The substrate 2 is transported to the ejection position P on the support rail 9.
Reference numeral 12 denotes a camera for picking up an image of the work, which is provided so that the substrate 2 can be picked up before the resin is supplied to check the defective portion of the semiconductor chip.

Reference numeral 13 denotes a dispenser as an example of a discharging means. The dispenser 13 is provided so as to discharge the liquid resin while scanning the substrate 2 in the XY directions. The liquid resin is sent from a storage tank (not shown) to the dispenser 13 via a tube or the like, and the dispenser 1
3 adjusts the height position in the Z-axis direction and then moves X-
While scanning in the Y direction, a prescribed amount of liquid resin is discharged from the nozzle 13a in an arbitrary pattern.

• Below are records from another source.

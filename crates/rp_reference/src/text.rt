//! Items as text.
use rp_query::{Item, SkipFault};
use rp_value::Value;
use std::alloc::{AllocError, Global};

/// An item after its place, as `(1, 2, x 7)`: a row's match number, or none, and its cells.
pub fn item_text(alloc: Global, place: u128, item: &Item) -> Result<String, AllocError> {
    match item {
        Item::Row { number, cells } => row_text(alloc, place, *number, cells.as_slice()),
        Item::Fault(SkipFault::SkipNoRow) => Ok(format!(in alloc; "({place}, SkipNoRow)")?),
        Item::Fault(SkipFault::SkipSame) => Ok(format!(in alloc; "({place}, SkipSame)")?),
        Item::End => Ok(format!(in alloc; "({place}, End)")?),
    }
}

/// A row with these cells.
pub fn row_text(
    alloc: Global,
    place: u128,
    number: Option<u64>,
    cells: &[Value],
) -> Result<String, AllocError> {
    let mut text = match number {
        None => format!(in alloc; "({place}, none,")?,
        Some(number) => format!(in alloc; "({place}, {number},")?,
    };
    for cell in cells {
        text.push(' ')?;
        write_cell(alloc, cell, &mut text)?;
    }
    text.push(')')?;
    Ok(text)
}

/// A cell as it stands in an item.
pub fn write_cell(alloc: Global, cell: &Value, text: &mut String) -> Result<(), AllocError> {
    match cell {
        Value::Null => text.push_str("null")?,
        Value::Int(number) => text.push_str(format!(in alloc; "{number}")?.as_str())?,
        Value::Text(letters) => text.push_str(letters.as_str())?,
    }
    Ok(())
}
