//! The items of a partition as the definitions say them, for the tests: each word of the pattern is listed, and each total
//! counted anew. Beside it items as text, and numbers that look random.
#![tactic(auto)]

mod dice;
mod fault;
mod plain;
mod text;

pub use dice::Dice;
pub use fault::PlainFault;
pub use plain::known_items;
pub use text::{item_text, write_cell};
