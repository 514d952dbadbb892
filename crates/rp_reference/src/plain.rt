//! A plain program for the items of a partition that are known: at each start row it lists all words of the pattern, and
//! takes the first that the conditions don't refuse. Of the engine it uses the word list, and the values of conditions
//! and measures, for which the rows of each word are entered anew.
ghost use Rattle.std.specs.Prelude.{◌≡◌, ◌+◌, ◌<◌, ◌≤◌, length, IfOk, OnOk};
ghost use Rattle.rp_eval.specs.Entered.{AreTotals};

use crate::fault::PlainFault;
use crate::text::row_text;
use rp_eval::{AllRows, Cell, Rows, Totals, View, condition, measure};
use rp_query::{Query, RowsPerMatch, SkipTo, Variables};
use rp_value::Value;
use rp_word_lists::list_words;
use rp_words::{End, Label, Mark, Seen, Word};
use std::alloc::Global;

/// More words than a pattern of the tests has over their rows.
const MANY_WORDS: usize = 100_000;

/// The items that are known, each as text.
pub fn known_items(
    alloc: Global,
    query: &Query,
    rows: &AllRows,
) -> Result<Vec<String>, PlainFault> {
    let plain = Plain { alloc, query, rows };
    let mut given = Given {
        items: Vec::new(alloc),
        count: 0,
        matches: 0,
        covered: 0,
    };
    let mut next = 1;
    for row in 1..rows.last() + 1 {
        if row == next {
            match plain.search_from(row, &mut given)? {
                None => return Ok(given.items),
                Some(row) => next = row,
            }
        }
    }
    if rows.end() == End::Closed {
        plain.give_word("End", &mut given)?;
    }
    Ok(given.items)
}

/// What was given up to a start row.
#[derive(Drop)]
struct Given {
    items: Vec<String>,
    /// How many items.
    count: u128,
    /// How many matches were found.
    matches: u64,
    /// The greatest row of a match.
    covered: u64,
}

/// What the search at a row finds.
#[derive(Drop)]
enum Found {
    Match(Vec<Label>),
    NoMatch,
    Waits,
}

/// A query over rows.
#[derive(Clone, Copy)]
struct Plain<'a> {
    alloc: Global,
    query: &'a Query,
    rows: &'a AllRows,
}

impl<'a> Plain<'a> {
    /// Gives the items of the search at a row. It answers the next start row, or none where the answer ends or waits.
    fn search_from(&self, start: u64, given: &mut Given) -> Result<Option<u64>, PlainFault>
        requires from_one { 1 ≤ start }
        requires known { start ≤ length self.now.rows.now.rows.items }
    {
        match self.found(start)? {
            Found::Waits => Ok(None),
            Found::NoMatch => self.give_unmatched(start, given),
            Found::Match(labels) => self.give_match(start, &labels, given),
        }
    }

    /// The first word that isn't refused.
    fn found(&self, start: u64) -> Result<Found, PlainFault>
        requires from_one { 1 ≤ start }
        requires known { start ≤ length self.now.rows.now.rows.items }
    {
        let last = self.rows.last();
        if last > 1_000 {
            return Err(PlainFault::TooMany);
        }
        let end = self.rows.end();
        let pattern = self.query.pattern();
        for word in list_words(self.alloc, pattern, start, last, end, MANY_WORDS)? {
            match self.seen(start, &word)? {
                Seen::NotTrue => {}
                Seen::True => return Ok(Found::Match(word.labels)),
                Seen::Open => return Ok(Found::Waits),
            }
        }
        Ok(Found::NoMatch)
    }

    /// Whether a word is admitted. The first condition that isn't true decides, and the mark where there is none.
    fn seen(&self, start: u64, word: &Word) -> Result<Seen, PlainFault>
        requires from_one { 1 ≤ start }
        requires known { start ≤ length self.now.rows.now.rows.items }
    {
        for depth in 0..word.labels.len() {
            let front = &word.labels[..depth + 1];
            let totals = self.totals(start, front)?;
            match self.test(start, front, &totals) {
                Seen::True => {}
                seen => return Ok(seen),
            }
        }
        match word.mark {
            Mark::Full => Ok(Seen::True),
            Mark::Open => Ok(Seen::Open),
        }
    }

    /// The totals of labels, entered one by one.
    fn totals(&self, start: u64, labels: &[Label]) -> Result<Totals, PlainFault>
        requires from_one { 1 ≤ start }
        requires known { start ≤ length self.now.rows.now.rows.items }
        ensures on_rows { OnOk result (start + length labels.now ≤ length self.now.rows.now.rows.items + 1) }
        ensures totals { IfOk result (λ totals. AreTotals totals self.now.rows.now.rows.items start labels.now) }
    {
        if labels.len() as u64 > self.rows.last() - start + 1 {
            return Err(PlainFault::TooMany);
        }
        let mut totals = Totals::new(self.alloc, self.query)?;
        for depth in 0..labels.len() {
            totals.enter(self.rows, start, &labels[..depth + 1])?;
        }
        Ok(totals)
    }

    /// What the condition of the last label says of its row.
    fn test(&self, start: u64, labels: &[Label], totals: &Totals) -> Seen
        requires from_one { 1 ≤ start }
        requires some { 0 < length labels.now }
        requires on_rows { start + length labels.now ≤ length self.now.rows.now.rows.items + 1 }
        requires totals { AreTotals totals.now self.now.rows.now.rows.items start labels.now }
    {
        let last = labels.len() - 1;
        match self.query.definition(labels[last].var) {
            None => Seen::True,
            Some(defined) => {
                let view = View {
                    rows: self.rows,
                    start,
                    labels,
                    current: start.saturating_add(last as u64),
                    number: 0,
                    totals,
                };
                condition(defined, &view)
            }
        }
    }

    /// A row without a match is given where the clause asks for it and no earlier match has it.
    fn give_unmatched(&self, start: u64, given: &mut Given) -> Result<Option<u64>, PlainFault>
        requires known { start ≤ length self.now.rows.now.rows.items }
    {
        let plan = self.query.plan();
        if plan.rows == RowsPerMatch::AllWithUnmatched && given.covered < start {
            let mut nulls = Vec::new(self.alloc);
            for _measure in plan.measures.as_slice() {
                nulls.push(Value::Null)?;
            }
            self.give_row(start, None, nulls, given)?;
        }
        Ok(Some(start.saturating_add(1)))
    }

    /// Gives the items of a match up to the first that isn't ready.
    fn give_match(
        &self,
        start: u64,
        labels: &[Label],
        given: &mut Given,
    ) -> Result<Option<u64>, PlainFault>
        requires from_one { 1 ≤ start }
        requires known { start ≤ length self.now.rows.now.rows.items }
    {
        let totals = self.totals(start, labels)?;
        given.matches = given.matches.saturating_add(1);
        for place in 0..labels.len().max(1) {
            if shows(self.query.plan().rows, labels, place) {
                let row = start.saturating_add(place as u64);
                match self.measures(start, labels, &totals, row, given.matches)? {
                    None => return Ok(None),
                    Some(values) => self.give_row(row, Some(given.matches), values, given)?,
                }
            }
        }
        if labels.is_empty() {
            return Ok(Some(start.saturating_add(1)));
        }
        let last = start.saturating_add(labels.len() as u64 - 1);
        given.covered = given.covered.max(last);
        self.skip(start, labels, given)
    }

    /// The values of the measures at a row, or none where one is open.
    fn measures(
        &self,
        start: u64,
        labels: &[Label],
        totals: &Totals,
        current: u64,
        number: u64,
    ) -> Result<Option<Vec<Value>>, PlainFault>
        requires from_one { 1 ≤ start }
        requires on_rows { start + length labels.now ≤ length self.now.rows.now.rows.items + 1 }
        requires current { start ≤ current }
        requires totals { AreTotals totals.now self.now.rows.now.rows.items start labels.now }
    {
        let view = View {
            rows: self.rows,
            start,
            labels,
            current,
            number,
            totals,
        };
        let mut values = Vec::new(self.alloc);
        for expr in self.query.plan().measures.as_slice() {
            match measure(expr, &view)? {
                Cell::Open => return Ok(None),
                Cell::Ready(value) => values.push(value)?,
            }
        }
        Ok(Some(values))
    }

    /// Where the next search starts, after a match with a row.
    fn skip(
        &self,
        start: u64,
        labels: &[Label],
        given: &mut Given,
    ) -> Result<Option<u64>, PlainFault> {
        let place = match &self.query.plan().skip {
            SkipTo::NextRow => Some(1),
            SkipTo::PastLastRow => Some(labels.len()),
            SkipTo::First(variables) => places(self.alloc, variables, labels)?.first().copied(),
            SkipTo::Last(variables) => places(self.alloc, variables, labels)?.last().copied(),
        };
        match place {
            None => self.give_word("SkipNoRow", given)?,
            Some(0) => self.give_word("SkipSame", given)?,
            Some(place) => return Ok(Some(start.saturating_add(place as u64))),
        }
        Ok(None)
    }

    fn give_word(&self, word: &str, given: &mut Given) -> Result<(), PlainFault> {
        given.count = given.count.saturating_add(1);
        let text = format!(in self.alloc; "({}, {word})", given.count)?;
        given.items.push(text)?;
        Ok(())
    }

    /// A row's item: the columns of the keys, the measures, and the other columns.
    fn give_row(
        &self,
        row: u64,
        number: Option<u64>,
        measures: Vec<Value>,
        given: &mut Given,
    ) -> Result<(), PlainFault> {
        let mut cells = Vec::new(self.alloc);
        self.add_cells(&mut cells, row, true)?;
        for value in measures {
            cells.push(value)?;
        }
        if self.shows_all() {
            self.add_cells(&mut cells, row, false)?;
        }
        given.count = given.count.saturating_add(1);
        let text = row_text(self.alloc, given.count, number, &cells)?;
        given.items.push(text)?;
        Ok(())
    }

    /// The cells of a row in the columns that are keys, or in those that are none. In the tests' clauses keys stand in the
    /// order of the table's columns.
    fn add_cells(&self, cells: &mut Vec<Value>, row: u64, keys: bool) -> Result<(), PlainFault> {
        for column in 1..4 {
            if self.is_key(column) == keys {
                cells.push(self.cell(row, column)?)?;
            }
        }
        Ok(())
    }

    fn cell(&self, row: u64, column: usize) -> Result<Value, PlainFault> {
        let Some(cells) = self.rows.row(row) else {
            return Err(PlainFault::NoColumn);
        };
        match cells.cell(column) {
            None => Err(PlainFault::NoColumn),
            Some(value) => Ok(value.share()?),
        }
    }

    fn is_key(&self, column: usize) -> bool {
        let is_ordered = self
            .query
            .order()
            .iter()
            .any(|ordered| ordered.column == column);
        self.query.partition().contains(&column) || (self.shows_all() && is_ordered)
    }

    fn shows_all(&self) -> bool {
        self.query.plan().rows != RowsPerMatch::One
    }
}

/// Whether a match's row at this place, from 0, gives an item. An empty match has one such place.
fn shows(rows: RowsPerMatch, labels: &[Label], place: usize) -> bool {
    match rows {
        RowsPerMatch::One => place >= labels.len().saturating_sub(1),
        RowsPerMatch::AllOmitEmpty => !labels.is_empty() && !is_excluded(labels, place),
        _ => !is_excluded(labels, place),
    }
}

fn is_excluded(labels: &[Label], place: usize) -> bool {
    match labels.get(place) {
        None => false,
        Some(label) => label.excluded,
    }
}

/// The places of the rows of these variables.
fn places(
    alloc: Global,
    variables: &Variables,
    labels: &[Label],
) -> Result<Vec<usize>, PlainFault> {
    let mut places = Vec::new(alloc);
    for (place, label) in labels.iter().enumerate() {
        if variables.includes(label.var) {
            places.push(place)?;
        }
    }
    Ok(places)
}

Reference numeral 14 denotes a weight measuring device as an example of a measuring means, which is provided so that the weight of the work (substrate 2, silicon wafer 7) and / or the amount of liquid resin discharged to the work can be measured. In this weight measuring device 14, a measurement mounting plate 14b is provided on a measurement device main body 14a, and the measurement device main body 14a measures the weight by mounting the substrate 2 on the measurement mounting plate 14b. It is supposed to do. The weight measuring device 14 is provided below the discharge position P of the support rail 9. The measurement mounting plate 14 b is composed of an elongated plate along the support rail 9 and is arranged in a gap between the support rails 9. The measuring device main body 14a is placed on a measuring device supporting base 15, and the measuring device supporting base 15 is connected to an elevating cylinder 16 and can be moved up and down.

Reference numeral 17 denotes a compression molding device as a resin sealing portion, which clamps the substrate 2 supplied with the liquid resin by a lower mold 18 which is a fixed mold and an upper mold 19 which is a movable mold to perform compression molding. The substrate 2 on which the liquid resin has been discharged by the liquid material discharging device 8 is transferred to the lower mold 18 which is held by the loader 20 from the support rail 9 and stands by at the take-out position Q. Lower mold 18
Is movable between a clamp position R facing the upper mold 19 and a take-out position Q where the substrate 2 is transferred from the loader 20. A cavity (not shown) is formed in the upper mold 19, and a release film 21 is stretched on the parting surface thereof.

A long film is used as the release film 21, and the release film 21 is sent out from the supply reel 22a by the film transport mechanism 22 and is wound around the take-up reel 22b via the upper mold 19. The release film 21 has heat resistance to withstand the heating temperature of the molding die, is easily peeled from the upper mold surface, and has flexibility and extensibility.
TFE, ETFE, PET, FEP, fluorine-impregnated glass cloth, polypropylene, polyvinylidene chloride and the like are preferably used. The release film 21 is stretched in close contact with the upper mold surface by sucking air through a suction hole (not shown) formed in the parting surface of the upper mold 19.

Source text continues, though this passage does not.